Wednesday Bonus Exercise 2.2: Use Singularity to Run Tensorflow

In this tutorial, we see how to submit a tensorflow job on the OSG through Singularity containers. We currently offer CPU and GPU containers for tensorflow (both based on Ubuntu). Here, we focus on a CPU container.

Setup

You should still be logged into training.osgconnect.net (the OSG Connect submit server for this workshop).

Get the example files and understand the job requirements.

In order to run this example quickly, you can download all the files into a new folder using the tutorial command:

username@training $ tutorial tensorflow-matmul

This creates a directory tutorial-tensorflow-matmul. Go inside the directory and see what is inside.

username@training $ cd tutorial-tensorflow-matmul
username@training $ ls -F

You will see the following files

tf_matmul.py            (Python program to multiply two matrices using tensorflow package)
tf_matmul.submit        (HTCondor Job description file)
tf_matmul_wrapper.sh    (Job wrapper shell script that executes the python program)
tf_matmul_gpu.submit    (HTCondor Job description file targeting gpus)

NOTE: The file tf_matmul_gpu.submit is for gpus, but we will not focus on gpus in this exercise. You are welcome to take a look.

The python script `tf_matmul.py` uses tensorflow to perform the matrix multiplication of a `2x2` matrix.

The submit file will have similar requirements and options as our previous job, including:

Requirements = HAS_SINGULARITY == True

In addition, we also provide the full path of the image via the keyword +SingularityImage.

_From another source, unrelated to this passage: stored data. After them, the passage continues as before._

// One search: the preferred plan of one length with at most so many jobs in a slot, if there is one. Depth first over the slots, with a bitmap
// of the states that have no plan.
//
// A state before slot s is `done` and `ran`, sets of places of the slot before: done by its end, and ran in it. `here` is what of `done` has its
// window still open in slot s: a set of places of slot s, as is all that is tried there. No set of places outlives its slot.
// The tables are those of crate layout.
#![tactic(auto)]

ghost use Rattle.std.specs.Prelude.{◌≡◌, true, false, ◌-◌, ◌*◌, ◌<◌, ◌≤◌, ltb, length};
ghost use Rattle.rules.specs.Sizes.{max_limit, max_width, work_size};
ghost use Rattle.jobset.specs.Sets.{is_subset, Subset};
ghost use Rattle.threes.specs.Threes.{Eight};
ghost use Rattle.places.specs.Rows.{chosen};
ghost use Rattle.places.specs.Slot.{fit_of};
ghost use Rattle.places.specs.Model.{key};
ghost use Rattle.places.specs.Memo.{Reached};
ghost use Rattle.layout.specs.Layout.{tables_in, marks_in, ThreesIn, place_sets};
ghost use Rattle.backtrack.specs.Entries.{slots_in, cap_in};
ghost use Rattle.backtrack.specs.Sorting.{plain, sort_place, found_at};
ghost use Rattle.backtrack.specs.Choosing.{choice_of};
ghost use Rattle.placesets.specs.Listing.{row_from};
ghost use Rattle.backtrack.specs.Search.{Searchable, Opened, InSlot, Takes, Told, written};
ghost use Rattle.backtrack.specs.Search.{must_at, explored_in, attempted, numbered, choice_tries, slot_tries};

use jobset::Set;
use layout::{CAP, DUE, ENDS, HELD, MARKS, SLOTS, TABLES, THREE, set_at};
use placesets::{by_number, givers_at, numbers, pick};
use sizes::{MAX_SLOTS, PLACES};

// The candidates of a slot: those without a giver in the slot before, those with exactly one, and these givers (places of the slot
// before); and those of them that two candidates share.
#[derive(Clone, Copy)]
struct Found {
    pub forced: Set,
    pub tied: Set,
    pub tying: Set,
    pub shared: Set,
}

// The sets that a slot tries: all of `forced`, and of the places `among` just so many, no two of them with one giver in the slot before.
#[derive(Clone, Copy)]
struct Choice {
    pub forced: Set,
    pub among: Set,
    pub count: usize,
}

// A slot that is searched, with a state before it: what of its places is done, what ran in the slot before, and what must run in it.
#[derive(Clone, Copy)]
struct Slot {
    pub index: usize,
    pub here: Set,
    pub ran: Set,
    pub must: Set,
}

// ---- the candidates

// One more place, with its job's givers, among the candidates where the job is one.
fn sort_place(c: Found, givers: Set, done: Set, ran: Set, p: usize) -> Found
    requires { p < 64 }
    ensures { result ≡ sort_place done ran p givers c }
{
    if !givers.is_subset(done) {
        return c;
    }
    let near = givers.intersection(ran);
    if near.is_empty() {
        return Found {
            forced: c.forced.with(p),
            ..c
        };
    }
    if !near.is_one() {
        return c;
    }
    Found {
        tied: c.tied.with(p),
        tying: c.tying.union(near),
        shared: c.shared.union(c.tying.intersection(near)),
        ..c
    }
}

// The candidates of a slot: of its places that are not done.
fn candidates_at(tables: &[u16; TABLES], slot: usize, here: Set, done: Set, ran: Set) -> Found
    requires { slot < max_limit }
    ensures { result ≡ found_at (tables_in tables.now) slot here done ran }
{
    let held = set_at(tables, HELD + slot);
    let mut c = Found {
        forced: Set::EMPTY,
        tied: Set::EMPTY,
        tying: Set::EMPTY,
        shared: Set::EMPTY,
    };
    for p in held.minus(here) {
        c = sort_place(c, givers_at(tables, slot, p), done, ran, p);
    }
    c
}

// Do the jobs that fit into the slot, every forced one and one for each tying giver, exceed the cap? (They are at most PLACES.)
fn exceeds(tables: &[u16; TABLES], c: Found) -> bool
    requires { fit_of (plain c) ≤ max_width }
    ensures { result ≡ ltb (cap_in tables.now) (fit_of (plain c)) }
{
    let cap = usize::from(tables[CAP]);
    if cap == PLACES {
        return false;
    }
    cap < (c.forced.count() + c.tying.count()) as usize
}

// What the slot tries: every forced candidate, and one for each tying giver; or, where that exceeds the cap, as many of all candidates.
fn choice_of(tables: &[u16; TABLES], c: Found) -> Choice
    requires { fit_of (plain c) ≤ max_width }
    ensures { result ≡ choice_of (cap_in tables.now) c }
{
    if exceeds(tables, c) {
        return Choice {
            forced: Set::EMPTY,
            among: c.forced.union(c.tied),
            count: usize::from(tables[CAP]),
        };
    }
    Choice {
        forced: c.forced,
        among: c.tied,
        count: c.tying.count() as usize,
    }
}

// ---- the search

// The first mark of a row that begins at a byte.
fn first_mark(byte: u16) -> usize
    ensures { (result ≡ 8 * byte) × (result < 8 * work_size) }
{
    8 * usize::from(byte)
}

// The mark of a state.
fn key_of(tables: &[u16; TABLES], slot: usize, done: Set, ran: Set) -> usize
    requires { (slot ≤ max_limit) × Eight done × Eight ran × ThreesIn tables.now }
    ensures { result ≡ key (marks_in tables.now) slot done ran }
{
    let row = first_mark(tables[MARKS + slot]);
    let of_done = usize::from(tables[THREE + done.bits as usize]);
    let of_ran = usize::from(tables[THREE + ran.bits as usize]);
    row + (of_done + of_ran)
}

impl Slot {
    // Tries a set of places: whether it leads to a plan, and the plan's sets in `path`.
    #[cycle(search)]
    fn try_set(
        self,
        tables: &[u16; TABLES],
        dead: &mut [u8],
        places: Set,
        path: &mut [u8; MAX_SLOTS],
    ) -> bool
        requires { InSlot tables.now (length dead.old) self.index self.here × Subset places ((tables_in tables.now).held self.index)
            × (is_subset (must_at tables.now self.index self.here) places ≡ true) }
        ensures { Told self.index (attempted tables.now self.index self.here places dead.old) path.old result path.new dead.new }
    {
        if explore(
            tables,
            dead,
            self.here.union(places),
            places,
            self.index + 1,
            path,
        ) {
            path[self.index] = places.bits as u8;
            return true;
        }
        false
    }

    // Tries what a number takes of the row, with what is forced, where the slot may have it and it has what must run now.
    #[cycle(search)]
    fn try_number(
        self,
        tables: &[u16; TABLES],
        dead: &mut [u8],
        c: Choice,
        row: &[u8; PLACES],
        number: Set,
        path: &mut [u8; MAX_SLOTS],
    ) -> bool
        requires { InSlot tables.now (length dead.old) self.index self.here × (self.must ≡ must_at tables.now self.index self.here)
            × (number.bits < place_sets) × Takes ((tables_in tables.now).held self.index) c (chosen (row_from row.now max_width) number) }
        ensures { Told self.index (numbered tables.now self.index self.here self.ran c (row_from row.now max_width) number dead.old)
            path.old result path.new dead.new }
    {
        let Some(picked) = pick(tables, self.index, self.ran, row, number) else {
            return false;
        };
        let places = c.forced.union(picked);
        if !self.must.is_subset(places) {
            return false;
        }
        self.try_set(tables, dead, places, path)
    }

    // The sets of a slot in the order of preference: those of the row by falling numbers, with just as many places as the choice says.
    #[cycle(search)]
    fn try_row(
        self,
        tables: &[u16; TABLES],
        dead: &mut [u8],
        c: Choice,
        path: &mut [u8; MAX_SLOTS],
    ) -> bool
        requires { InSlot tables.now (length dead.old) self.index self.here × (self.must ≡ must_at tables.now self.index self.here)
            × Subset c.forced ((tables_in tables.now).held self.index) × Subset c.among ((tables_in tables.now).held self.index) }
        ensures { Told self.index (choice_tries tables.now self.index self.here self.ran c dead.old) path.old result path.new dead.new }
    {
        let mut row = [0; PLACES];
        let size = by_number(tables, self.index, c.among, &mut row);
        for number in numbers(size, c.count) {
            if self.try_number(tables, dead, c, &row, number, path) {
                return true;
            }
        }
        false
    }
}

// The sets of a slot. Most states do not branch: all candidates are the one set.
#[cycle(search)]
fn try_sets(
    tables: &[u16; TABLES],
    dead: &mut [u8],
    done: Set,
    ran: Set,
    slot: usize,
    path: &mut [u8; MAX_SLOTS],
) -> bool
    requires { Opened tables.now (length dead.old) slot done ran }
    ensures { Told slot (slot_tries tables.now slot done ran dead.old)
        path.old result path.new dead.new }
{
    let here = done.minus(set_at(tables, ENDS + slot));
    let c = candidates_at(tables, slot, here, done, ran);
    let able = c.forced.union(c.tied);
    let due = set_at(tables, DUE + (slot + 1));
    let must = due.minus(here);
    if !must.is_subset(able) {
        return false;
    }
    let s = Slot {
        index: slot,
        here,
        ran,
        must,
    };
    if c.shared.is_empty() && !exceeds(tables, c) {
        return s.try_set(tables, dead, able, path);
    }
    s.try_row(tables, dead, choice_of(tables, c), path)
}

// The preferred plan from slot `slot` on: whether there is one, and its sets in `path`. All that is due before the slot is done.
// `dead` has the marks of the states that were found to have none.
// (The sets are written into the caller's array: the memory is fixed, and each slot would copy a plan that is handed back.)
#[cycle(search)]
pub fn explore(
    tables: &[u16; TABLES],
    dead: &mut [u8],
    done: Set,
    ran: Set,
    slot: usize,
    path: &mut [u8; MAX_SLOTS],
) -> bool
    requires { Searchable tables.now (length dead.old)
        × Reached (tables_in tables.now) (slots_in tables.now) (slots_in tables.now - slot) slot done ran
        × (is_subset ((tables_in tables.now).due slot) done ≡ true) }
    ensures found { result ≡ (explored_in tables.now slot done ran dead.old).plan.ok }
    ensures path { path.new
        ≡ written slot (explored_in tables.now slot done ran dead.old).plan.sets path.old }
    ensures dead { dead.new ≡ (explored_in tables.now slot done ran dead.old).dead }
{
    if slot == usize::from(tables[SLOTS]) {
        return true;
    }
    let key = key_of(tables, slot, done, ran);
    if bitmap::marked(dead, key) {
        return false;
    }
    if try_sets(tables, dead, done, ran, slot, path) {
        return true;
    }
    bitmap::mark(dead, key);
    false
}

+SingularityImage = "/cvmfs/singularity.opensciencegrid.org/opensciencegrid/tensorflow:latest"

Submit the tensorflow example job

Now submit the job to the OSG.

username@training $ condor_submit tf_matmul.submit 

The job will look for a machine on the OSG that has singularity installed. On a matched machine, the job creates the singularity container from the image /cvmfs/singularity.opensciencegrid.org/opensciencegrid/tensorflow:latest. Inside this container, the program tf_matmul.py begins to execute.

After your job completed, you will see an output file tf_matmul.output.

username@training $ cat tf_matmul.output 
result of matrix multiplication
===============================
[[ 1.0000000e+00  0.0000000e+00]
 [-4.7683716e-07  1.0000002e+00]]
===============================

The result printed in the output file should be a 2x2 identity matrix.